### [Aim of the task]
Find how many lines of the following entries contain "records". Reply with the number alone.

Items from a dataset:
// The writer: the iwd file of a join record and its name, each into a lent buffer, or a refusal.
//
// What is answered and what the buffers hold is in specs/Writing; the text itself is crate `written`. How long it is is known
// before the first byte is written.
#![tactic(auto)]

ghost use Rattle.std.specs.Prelude.{◌≡◌, true};
ghost use Rattle.records.specs.Record.{joined};
ghost use Rattle.writer.specs.Writing.{writing, writing_of, writing_placed, refuses, written_answer, Writes};
ghost use Rattle.written.specs.RecordParts.{CountsWithin};

use records::JoinRecord;
use rendering::{groups, sizes};
use rules::{Answer, Fault, Refusal};
use written::parts;

// The answer, and how many bytes are new in the buffers of the name and of the file; 0 where nothing was written. No Result: document 01 wants
// "all other result fields zero" of a refusal, and demands `Unwritten` says it of these counts.
#[derive(Clone, Copy)]
pub struct Written {
    pub answer: Answer,
    pub name_len: usize,
    pub file_len: usize,
}

// The answer of a refusal, which leaves both buffers as they were.
pub fn refused(refusal: Refusal, line: usize) -> Written
    ensures { result ≡ written_answer (refuses refusal line) }
{
    Written {
        answer: Err(Fault { refusal, line }),
        name_len: 0,
        file_len: 0,
    }
}

// Writes the name and the file of a record that iwd has a place for, where both buffers have room; else 17, and they stay as
// they were.
pub fn write_placed(
    r: JoinRecord,
    servers: [[u8; 4]; 4],
    name: &mut [u8],
    file: &mut [u8],
) -> Written
    requires { CountsWithin r }
    ensures { Writes (writing_of (joined r servers) name.old file.old) name.old file.old name.new file.new result }
{
    let suffix = parts::suffix_of(r.credential);
    let name_len = names::iwd_name_len(&r.name[..r.name_len], suffix);
    if name.len() < name_len {
        return refused(Refusal::ShortBuffer, 0);
    }
    let file_len = sizes::file_len(r, servers);
    if file.len() < file_len {
        return refused(Refusal::ShortBuffer, 0);
    }
    names::put_iwd_name(name, 0, &r.name[..r.name_len], suffix);
    groups::put_file(file, r, servers);
    Written {
        answer: Ok(()),
        name_len,
        file_len,
    }
}

// Writes the iwd file name of a join record and its file, one into each buffer, in front of what they held. Refuses a record
// that is malformed (19), one that iwd has no place for (16), and a buffer that is too short (17), in this order; a refusal
// leaves both buffers as they were.
#[tactic(auto, using(crate::proofs::Counts::formed_within), unfolding(crate::specs::Writing::writing))]
pub fn write_iwd(r: JoinRecord, servers: [[u8; 4]; 4], name: &mut [u8], file: &mut [u8]) -> Written
    ensures { Writes (writing r servers name.old file.old) name.old file.old name.new file.new result }
{
    if !records::is_well_formed(r, servers) {
        return refused(Refusal::Malformed, 0);
    }
    if !parts::has_place(r) {
        return refused(Refusal::NoPlace, 0);
    }
    write_placed(r, servers, name, file)
}
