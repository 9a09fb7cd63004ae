// How a network gets its addresses, of IPv4 and of IPv6 alike: by itself, not at all, or fixed.
//
// This is document 01's "IPv4 as dhcp, off, or static with address, length .. and perhaps a gateway", and by request 2026-03 IPv6's. Both are
// one definition, specs/Addressing, over the bytes of an address and the greatest length; ConnMan's text for them is in specs/Settings, and
// their layout in the type below in specs/Numbers.
#![tactic(auto)]

ghost use Rattle.std.specs.Prelude.{◌≡◌, false, replicate};
ghost use Rattle.addressing.specs.Addressing.{static};
ghost use Rattle.addressing.specs.Numbers.{numbers_laid};

// Auto is IPv4's dhcp.
#[derive(Clone, Copy, PartialEq, Eq)]
pub enum Method {
    Auto,
    Off,
    Static,
}

// How a network gets its addresses, of N bytes. What the method does not use is zero. Flat, with a flag beside the gateway, as the record
// (records `laid`) and C's struct have them, into which each field is copied: an option would be laid out twice.
#[derive(Clone, Copy)]
pub struct Numbers<const N: usize> {
    pub method: Method,
    pub address: [u8; N],
    pub length: u8,
    pub has_gateway: bool,
    pub gateway: [u8; N],
}

impl<const N: usize> Numbers<N> {
    // A method without an address.
    pub fn unnumbered(method: Method) -> Self
        ensures { result ≡ record { method = method; address = replicate N 0; length = 0; has_gateway = false; gateway = replicate N 0 } }
    {
        Numbers {
            method,
            address: [0; N],
            length: 0,
            has_gateway: false,
            gateway: [0; N],
        }
    }

    // A fixed address with its length, and perhaps a gateway.
    pub fn numbered(address: [u8; N], length: u8, gateway: Option<[u8; N]>) -> Self
        ensures { result ≡ numbers_laid N (static address.entry length gateway.entry) }
    {
        let has_gateway = gateway.is_some();
        let gateway = gateway.unwrap_or([0; N]);
        Numbers {
            method: Method::Static,
            address,
            length,
            has_gateway,
            gateway,
        }
    }
}
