// What a line rests on.
#![tactic(auto)]

ghost use Rattle.aut68.specs.Language.{aut68};
ghost use Rattle.aut68.specs.Stores.{stores};
ghost use Rattle.aut68.specs.Resting.{TellsRests};
ghost use Rattle.outcomes.specs.Answers.{code_of_answer, line_of_answer, steps_of_answer, length_of_answer};

use books::admit;
use constants::{Cause, Cell, WORK_UNITS};
use outcomes::{Answer, Given, Unanswered};
use reaching::put_beneath;

// Tells what a line of a book rests on: the `PN` lines reached from it by following names, itself included, ascending, each once, in the
// first cells of the answer. The book is checked first, as `check_book` does it, and a refusal is passed on. Line 0 or above the last, a
// list that does not fit: nothing is written in the answer.
pub fn rests_on(
    book: &[u8],
    budget: u32,
    limit: u32,
    table: &mut [u32],
    terms: &mut [Cell],
    work: &mut [Cell],
    index: &mut [u32],
    line: u32,
    answer: &mut [u32],
) -> Answer
    ensures { TellsRests aut68 book.now budget limit (stores table.old terms.old work.old index.old) line answer.old (code_of_answer result) (line_of_answer result) (steps_of_answer result) (length_of_answer result) (stores table.new terms.new work.new index.new) answer.new }
{
    let a = admit(book, budget, limit, table, terms, work, index)?;
    if line == 0 {
        return Err(Unanswered::Declined {
            cause: Cause::NoSuchLine,
            steps: 0,
        });
    }
    if line > a.lines {
        return Err(Unanswered::Declined {
            cause: Cause::NoSuchLine,
            steps: 0,
        });
    }
    let n = WORK_UNITS * (limit as usize);
    let count = put_beneath(table, terms, line as usize, &mut work[..n], answer);
    if count > answer.len() {
        return Err(Unanswered::Declined {
            cause: Cause::AnswerTooLong,
            steps: 0,
        });
    }
    Ok(Given {
        steps: 0,
        length: count as u32,
    })
}
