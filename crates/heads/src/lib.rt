// Which head step an expression has, if any: a contraction or an unfolding, and where its redex lies.
#![tactic(auto)]

mod heads;

pub use heads::{Head, HeadStep, head_of};
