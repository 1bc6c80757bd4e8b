// Which head step an expression has.
ghost use Rattle.std.specs.Prelude.{◌≡◌, ℕ, ◌+◌};
ghost use Rattle.heads.specs.Posts.{CellStep, HeadPost, kind_of_step, line_of_step, kind_in, at_in, kept_in, line_in};

use cells::{field, skip};
use constants::{CELL_FACTOR, Cell, KIND};

// A contraction, or the unfolding of the constant of a line.
#[derive(Clone, Copy, Debug, PartialEq, Eq)]
pub enum HeadStep {
    Contraction,
    Unfolding { line: usize },
}

// at: where the redex starts; kept: the cells before it.
#[derive(Clone, Copy, Debug, PartialEq, Eq)]
pub struct Head {
    pub at: usize,
    pub kept: usize,
    pub step: HeadStep,
}

// The head step of an expression that is no application, by its first cell x: an abbreviation is unfolded.
// Kept: kinds of cells and of lines as numbers, as the term store and the rows, which C callers read, have them.
fn step_of_cell(table: &[u32], x: Cell) -> Option<HeadStep>
    ensures { CellStep table.now x (kind_of_step result) (line_of_step result) }
{
    if x % CELL_FACTOR != 3 {
        return None;
    }
    let line = (x / CELL_FACTOR) as usize;
    if field(table, line, KIND) != 2 {
        return None;
    }
    Some(HeadStep::Unfolding { line })
}

// The head step of the expression of n cells at `at` of w: a contraction is looked for before the head is unfolded.
pub fn head_of(table: &[u32], w: &[Cell], at: usize, n: usize) -> Option<Head>
    ensures { HeadPost table.now w.now at n (kind_in result) (at_in at result) (kept_in result) (line_in result) }
{
    if at > w.len() || n > w.len() - at {
        return None;
    }
    let end = at + n;
    let mut i = at;
    while i < end {
        let x = w[i];
        let kept = i - at;
        if x != 4 {
            let step = step_of_cell(table, x)?;
            return Some(Head { at: i, kept, step });
        }
        let b = skip(table, w, i + 1, 1);
        if b >= end {
            return None;
        }
        if w[b] == 5 {
            return Some(Head {
                at: i,
                kept,
                step: HeadStep::Contraction,
            });
        }
        i = b;
    }
    None
}
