// The step by number and the turn, which tell the variables bound: the plain calls with one row more.
// Kept beside `step::step` and `run::turn`, and the traced calls: one for all would take what comes behind the first tests as a closure, whose contract (`StepSays`, `RowSays`) it would have to say for any;
// `capi` exports each under its own. The head of crate `bound` says why head, processes and variables stay three rows.
#![tactic(auto)]

ghost use Rattle.bound.specs.Calls.{RowSays, step_bound_call, turn_bound_call, turn_bound_in};
ghost use Rattle.entry.specs.Entered.{Inside};
ghost use Rattle.parlog.specs.Limits.{small};
ghost use Rattle.parlog.specs.Tables.{lent};

use parlog::{Answer, Move, codes};
use program_index::Image;
use rows::Processes;

// The step by number, and the variables that it bound.
pub fn step_bound(
    image: &[u8],
    head: &mut [u8],
    procs: &mut [u8],
    vars: &mut [u8],
    bound: &mut [u8],
    process: u32,
) -> Answer<Move>
    ensures { RowSays (step_bound_call small image.now (lent head.old procs.old vars.old) bound.old process) result head.new procs.new vars.new bound.new }
{
    let mut ix = [0u16; program_index::SIZE];
    let e = entry::enter(image, head, procs, vars, &mut ix);
    // Kept in each call: docs/DECISIONS.md asks that each takes the load's answer apart by `let .. else`.
    let Ok((relations, clauses)) = e else {
        let r = load::refusal(e);
        return Err(r);
    };
    let accepted = Image {
        bytes: image,
        relations,
        clauses,
        index: &ix,
    };
    let p = process as usize;
    let n = head::proc_count(head);
    if n <= p {
        return Err(entry::refusal(codes::NODE));
    }
    let used = Processes {
        bytes: procs,
        count: n,
    };
    let told = step::ask(&used, p);
    bound::step_in(&accepted, head, procs, vars, bound, p, told)
}

// The step of whose turn it is, in tables that keep the rules.
fn turn_in(
    image: &Image,
    head: &mut [u8],
    procs: &mut [u8],
    vars: &mut [u8],
    bound: &mut [u8],
) -> Answer<Move>
    requires { Inside small image.now.bytes.now image.now.relations image.now.clauses (lent head.old procs.old vars.old) }
    ensures { RowSays (turn_bound_in small image.now.bytes.now image.now.relations image.now.clauses (lent head.old procs.old vars.old) bound.old) result head.new procs.new vars.new bound.new }
{
    let t = run::whose(head, procs, vars);
    let f = t.who;
    let Some(p) = f else {
        return Err(entry::refusal(codes::STILL));
    };
    bound::step_in(image, head, procs, vars, bound, p, t.told)
}

// The turn, and the variables that it bound.
pub fn turn_bound(
    image: &[u8],
    head: &mut [u8],
    procs: &mut [u8],
    vars: &mut [u8],
    bound: &mut [u8],
) -> Answer<Move>
    ensures { RowSays (turn_bound_call small image.now (lent head.old procs.old vars.old) bound.old) result head.new procs.new vars.new bound.new }
{
    let mut ix = [0u16; program_index::SIZE];
    let e = entry::enter(image, head, procs, vars, &mut ix);
    // Kept in each call: docs/DECISIONS.md asks that each takes the load's answer apart by `let .. else`.
    let Ok((relations, clauses)) = e else {
        let r = load::refusal(e);
        return Err(r);
    };
    let accepted = Image {
        bytes: image,
        relations,
        clauses,
        index: &ix,
    };
    turn_in(&accepted, head, procs, vars, bound)
}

### [Result]
4